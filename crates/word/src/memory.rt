// Words of lent memory, read and written at any position: outside there is 0, and nothing is stored there.
ghost use Rattle.std.specs.Prelude.{◌≡◌, pos, slice_index_or, slice_set};

// The word at an index; 0 beyond the end.
pub fn at(memory: &[i64], i: usize) -> i64
    ensures { result ≡ slice_index_or memory.now i (pos 0) }
{
    memory.get(i).copied().unwrap_or(0)
}

// Stores a word at an index; beyond the end nothing changes.
pub fn put(memory: &mut [i64], i: usize, word: i64)
    ensures { memory.new ≡ slice_set memory.old i word }
{
    // `get_mut` does not say what the slice ends as
    if i < memory.len() {
        memory[i] = word;
    }
}
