// A part of lent memory.
ghost use Rattle.std.specs.Prelude.{◌≡◌, ◌+◌, ◌<◌, ◌≤◌, take, MatchOption};
ghost use Rattle.word.specs.Text.{put_answer, put_out};

// The position after `size` elements from `at` on, if these lie within the first `len`.
pub(crate) fn end(len: usize, at: usize, size: usize) -> Option<usize>
    ensures { MatchOption result (len < at + size) (λ end. (at + size ≤ len) × (end ≡ at + size)) }
{
    // not by `checked_add`, which leaves one test more where `size` is known
    if size <= len && at <= len - size {
        Some(at + size)
    } else {
        None
    }
}

// As many bytes from the start, all of them where there are no more.
pub fn first(s: &[u8], count: usize) -> &[u8]
    ensures { result.now ≡ take count s.now }
{
    &s[..count.min(s.len())]
}

// Writes some bytes, if there is room.
pub(crate) fn put_bytes(bytes: &[u8], out: &mut [u8], at: usize) -> Option<usize>
    ensures answer { result ≡ put_answer at bytes.now out.old }
    ensures written { out.new ≡ put_out at bytes.now out.old }
{
    let next = end(out.len(), at, bytes.len())?;
    out[at..next].copy_from_slice(bytes);
    Some(next)
}
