// A word as a natural number and as an index.
ghost use Rattle.std.specs.Prelude.{◌≡◌};
ghost use Rattle.word.specs.Number.{natural_of, index_of};

use crate::wrap::to_bits;

// A word as a number that is not negative.
pub fn unsigned(word: i64) -> Option<u64>
    ensures { result ≡ natural_of word }
{
    // `try_from` takes three instructions more
    if word < 0 { None } else { Some(word as u64) }
}

// A word as an index below a bound; a negative one is outside.
pub fn below(word: i64, bound: usize) -> Option<usize>
    ensures { result ≡ index_of word bound }
{
    // the bits of a negative word are 2^63 or more: one test for both ends
    let index = to_bits(word) as usize;
    if index < bound.min(1 << 63) {
        Some(index)
    } else {
        None
    }
}
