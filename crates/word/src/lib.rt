// Words of 64 bits and what is read from them and written of them. Read in specs/: Wrap, Exact, Number, Digits, Field, Text.
#![tactic(auto)]

pub mod exact;
pub mod field;
pub mod kind;
pub mod memory;
pub mod number;
pub mod numeral;
pub mod part;
pub mod text;
pub mod wrap;
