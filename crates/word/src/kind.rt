// Two of the three kinds of document 01 that never stand in for one another: command numbers and cell addresses.
// Each is a type, so that none is taken for another; one generic `index` over both would be longer than the two lines that it saves. The third
// kind, labels, is a crate of its own.
ghost use Rattle.std.specs.Prelude.{◌≡◌};
ghost use Rattle.word.specs.Wrap.{add_wrap};
ghost use Rattle.word.specs.Number.{index_of};

// A command number of document 01, as the place is one. A program can compute any, so it may lie outside the sheet.
#[derive(Clone, Copy, PartialEq, Eq, Debug)]
pub struct Pc(pub i64);

impl Pc {
    // The command so many further on, or back. From a place of a sheet, by 1 or by a Bnz's operand, the sum never wraps.
    pub fn offset(self, by: i64) -> Pc
        ensures { result.0 ≡ add_wrap self.0 by }
    {
        Pc(crate::wrap::add(self.0, by))
    }

    // Where in a sheet of so many commands it stands.
    pub fn index(self, commands: usize) -> Option<usize>
        ensures { result ≡ index_of self.0 commands }
    {
        crate::number::below(self.0, commands)
    }
}

// A cell address of document 01. A program can compute any, so it may lie outside the cells.
#[derive(Clone, Copy, PartialEq, Eq, Debug)]
pub struct Address(pub i64);

impl Address {
    // Which of so many cells it names.
    pub fn index(self, cells: usize) -> Option<usize>
        ensures { result ≡ index_of self.0 cells }
    {
        crate::number::below(self.0, cells)
    }
}
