// Numbers as text, for a page. Read specs/Text.antt first.
ghost use Rattle.std.specs.Prelude.{◌≡◌, ◌<◌, ◌≤◌, length};
ghost use Rattle.word.specs.Text.{digit_char, numeral, digit_count, natural, decimal, hexadecimal, put_answer, put_out};

use crate::part::end;

// A number in decimal, a minus sign before a negative one.
pub fn put_decimal(n: i64, out: &mut [u8], at: usize) -> Option<usize>
    ensures answer { result ≡ put_answer at (decimal n) out.old }
    ensures written { out.new ≡ put_out at (decimal n) out.old }
{
    let size = n.unsigned_abs();
    let count = digit_count(size);
    if n < 0 {
        end(out.len(), at, count + 1)?;
        out[at] = b'-';
        return put_numeral(size, 10, count, out, at + 1);
    }
    put_numeral(size, 10, count, out, at)
}

// How many characters a number in decimal has.
pub fn decimal_length(n: i64) -> usize
    ensures { result ≡ length (decimal n) }
{
    let count = digit_count(n.unsigned_abs());
    if n < 0 { count + 1 } else { count }
}

// A number that has no sign in decimal, as a page has a place.
#[tactic(auto, unfolding(crate::specs::Text::natural))]
pub fn put_natural(n: u64, out: &mut [u8], at: usize) -> Option<usize>
    ensures answer { result ≡ put_answer at (natural n) out.old }
    ensures written { out.new ≡ put_out at (natural n) out.old }
{
    put_numeral(n, 10, digit_count(n), out, at)
}

// Eight hexadecimal digits, as a page has a label.
#[tactic(auto, unfolding(crate::specs::Text::hexadecimal))]
pub fn put_hex(n: u32, out: &mut [u8], at: usize) -> Option<usize>
    ensures answer { result ≡ put_answer at (hexadecimal n) out.old }
    ensures written { out.new ≡ put_out at (hexadecimal n) out.old }
{
    put_numeral(n as u64, 16, 8, out, at)
}

// So many digits of a number, if there is room.
fn put_numeral(n: u64, base: u64, count: usize, out: &mut [u8], at: usize) -> Option<usize>
    requires { (0 < base) × (base ≤ 16) }
    ensures answer { result ≡ put_answer at (numeral base count n) out.old }
    ensures written { out.new ≡ put_out at (numeral base count n) out.old }
{
    let next = end(out.len(), at, count)?;
    fill_digits(n, base, &mut out[at..next]);
    Some(next)
}

// The lowest digit comes last, and is the first that division gives.
fn fill_digits(n: u64, base: u64, digits: &mut [u8])
    requires { (0 < base) × (base ≤ 16) }
    ensures { digits.new ≡ numeral base (length digits.old) n }
{
    let mut rest = n;
    for i in (0..digits.len()).rev() {
        digits[i] = digit(rest % base);
        rest /= base;
    }
}

// The character of a digit.
#[tactic(auto, unfolding(crate::specs::Text::digit_char))]
fn digit(d: u64) -> u8
    requires { d < 16 }
    ensures { result ≡ digit_char d }
{
    if d < 10 {
        b'0' + d as u8
    } else {
        b'a' - 10 + d as u8
    }
}

// How many decimal digits a number has: one at least, and at most the 20 of 2^64 - 1.
fn digit_count(n: u64) -> usize
    ensures { result ≡ digit_count 10 19 n }
{
    n.max(1).ilog10() as usize + 1
}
+ + + + +
[Problem to solve]: Copy each line of the material exactly as shown.

[Task response]:
filename crates/word/src/memory.rt
// Words of lent memory, read and written at any position: outside there is 0, and nothing is stored there.
ghost use Rattle.std.specs.Prelude.{◌≡◌, pos, slice_index_or, slice_set};

// The word at an index; 0 beyond the end.
pub fn at(memory: &[i64], i: usize) -> i64
    ensures { result ≡ slice_index_or memory.now i (pos 0) }
{
    memory.get(i).copied().unwrap_or(0)
}

// Stores a word at an index; beyond the end nothing changes.
pub fn put(memory: &mut [i64], i: usize, word: i64)
    ensures { memory.new ≡ slice_set memory.old i word }
{
    // `get_mut` does not say what the slice ends as
    if i < memory.len() {
        memory[i] = word;
    }
}
// A part of lent memory.
ghost use Rattle.std.specs.Prelude.{◌≡◌, ◌+◌, ◌<◌, ◌≤◌, take, MatchOption};
ghost use Rattle.word.specs.Text.{put_answer, put_out};

// The position after `size` elements from `at` on, if these lie within the first `len`.
pub(crate) fn end(len: usize, at: usize, size: usize) -> Option<usize>
    ensures { MatchOption result (len < at + size) (λ end. (at + size ≤ len) × (end ≡ at + size)) }
{
    // not by `checked_add`, which leaves one test more where `size` is known
    if size <= len && at <= len - size {
        Some(at + size)
    } else {
        None
    }
}

// As many bytes from the start, all of them where there are no more.
pub fn first(s: &[u8], count: usize) -> &[u8]
    ensures { result.now ≡ take count s.now }
{
    &s[..count.min(s.len())]
}

// Writes some bytes, if there is room.
pub(crate) fn put_bytes(bytes: &[u8], out: &mut [u8], at: usize) -> Option<usize>
    ensures answer { result ≡ put_answer at bytes.now out.old }
    ensures written { out.new ≡ put_out at bytes.now out.old }
{
    let next = end(out.len(), at, bytes.len())?;
    out[at..next].copy_from_slice(bytes);
    Some(next)
}
// A word as a natural number and as an index.
ghost use Rattle.std.specs.Prelude.{◌≡◌};
ghost use Rattle.word.specs.Number.{natural_of, index_of};

use crate::wrap::to_bits;

// A word as a number that is not negative.
pub fn unsigned(word: i64) -> Option<u64>
    ensures { result ≡ natural_of word }
{
    // `try_from` takes three instructions more
    if word < 0 { None } else { Some(word as u64) }
}

// A word as an index below a bound; a negative one is outside.
pub fn below(word: i64, bound: usize) -> Option<usize>
    ensures { result ≡ index_of word bound }
{
    // the bits of a negative word are 2^63 or more: one test for both ends
    let index = to_bits(word) as usize;
    if index < bound.min(1 << 63) {
        Some(index)
    } else {
        None
    }
}
filename crates/word/src/lib.rt
// Words of 64 bits and what is read from them and written of them. Read in specs/: Wrap, Exact, Number, Digits, Field, Text.
#![tactic(auto)]

pub mod exact;
pub mod field;
pub mod kind;
pub mod memory;
pub mod number;
pub mod numeral;
pub mod part;
pub mod text;
pub mod wrap;
filename crates/word/src/kind.rt
// Two of the three kinds of document 01 that never stand in for one another: command numbers and cell addresses.
// Each is a type, so that none is taken for another; one generic `index` over both would be longer than the two lines that it saves. The third
// kind, labels, is a crate of its own.
ghost use Rattle.std.specs.Prelude.{◌≡◌};
ghost use Rattle.word.specs.Wrap.{add_wrap};
ghost use Rattle.word.specs.Number.{index_of};

// A command number of document 01, as the place is one. A program can compute any, so it may lie outside the sheet.
#[derive(Clone, Copy, PartialEq, Eq, Debug)]
pub struct Pc(pub i64);

impl Pc {
    // The command so many further on, or back. From a place of a sheet, by 1 or by a Bnz's operand, the sum never wraps.
    pub fn offset(self, by: i64) -> Pc
        ensures { result.0 ≡ add_wrap self.0 by }
    {
        Pc(crate::wrap::add(self.0, by))
    }

    // Where in a sheet of so many commands it stands.
    pub fn index(self, commands: usize) -> Option<usize>
        ensures { result ≡ index_of self.0 commands }
    {
        crate::number::below(self.0, commands)
    }
}

// A cell address of document 01. A program can compute any, so it may lie outside the cells.
#[derive(Clone, Copy, PartialEq, Eq, Debug)]
pub struct Address(pub i64);

impl Address {
    // Which of so many cells it names.
    pub fn index(self, cells: usize) -> Option<usize>
        ensures { result ≡ index_of self.0 cells }
    {
        crate::number::below(self.0, cells)
    }
}
// Numbers as text, for a page. Read specs/Text.antt first.
ghost use Rattle.std.specs.Prelude.{◌≡◌, ◌<◌, ◌≤◌, length};
ghost use Rattle.word.specs.Text.{digit_char, numeral, digit_count, natural, decimal, hexadecimal, put_answer, put_out};

use crate::part::end;

// A number in decimal, a minus sign before a negative one.
pub fn put_decimal(n: i64, out: &mut [u8], at: usize) -> Option<usize>
    ensures answer { result ≡ put_answer at (decimal n) out.old }
    ensures written { out.new ≡ put_out at (decimal n) out.old }
{
    let size = n.unsigned_abs();
    let count = digit_count(size);
    if n < 0 {
        end(out.len(), at, count + 1)?;
        out[at] = b'-';
        return put_numeral(size, 10, count, out, at + 1);
    }
    put_numeral(size, 10, count, out, at)
}

// How many characters a number in decimal has.
pub fn decimal_length(n: i64) -> usize
    ensures { result ≡ length (decimal n) }
{
    let count = digit_count(n.unsigned_abs());
    if n < 0 { count + 1 } else { count }
}

// A number that has no sign in decimal, as a page has a place.
#[tactic(auto, unfolding(crate::specs::Text::natural))]
pub fn put_natural(n: u64, out: &mut [u8], at: usize) -> Option<usize>
    ensures answer { result ≡ put_answer at (natural n) out.old }
    ensures written { out.new ≡ put_out at (natural n) out.old }
{
    put_numeral(n, 10, digit_count(n), out, at)
}

// Eight hexadecimal digits, as a page has a label.
#[tactic(auto, unfolding(crate::specs::Text::hexadecimal))]
pub fn put_hex(n: u32, out: &mut [u8], at: usize) -> Option<usize>
    ensures answer { result ≡ put_answer at (hexadecimal n) out.old }
    ensures written { out.new ≡ put_out at (hexadecimal n) out.old }
{
    put_numeral(n as u64, 16, 8, out, at)
}

// So many digits of a number, if there is room.
fn put_numeral(n: u64, base: u64, count: usize, out: &mut [u8], at: usize) -> Option<usize>
    requires { (0 < base) × (base ≤ 16) }
    ensures answer { result ≡ put_answer at (numeral base count n) out.old }
    ensures written { out.new ≡ put_out at (numeral base count n) out.old }
{
    let next = end(out.len(), at, count)?;
    fill_digits(n, base, &mut out[at..next]);
    Some(next)
}

// The lowest digit comes last, and is the first that division gives.
fn fill_digits(n: u64, base: u64, digits: &mut [u8])
    requires { (0 < base) × (base ≤ 16) }
    ensures { digits.new ≡ numeral base (length digits.old) n }
{
    let mut rest = n;
    for i in (0..digits.len()).rev() {
        digits[i] = digit(rest % base);
        rest /= base;
    }
}

// The character of a digit.
#[tactic(auto, unfolding(crate::specs::Text::digit_char))]
fn digit(d: u64) -> u8
    requires { d < 16 }
    ensures { result ≡ digit_char d }
{
    if d < 10 {
        b'0' + d as u8
    } else {
        b'a' - 10 + d as u8
    }
}

// How many decimal digits a number has: one at least, and at most the 20 of 2^64 - 1.
fn digit_count(n: u64) -> usize
    ensures { result ≡ digit_count 10 19 n }
{
    n.max(1).ilog10() as usize + 1
}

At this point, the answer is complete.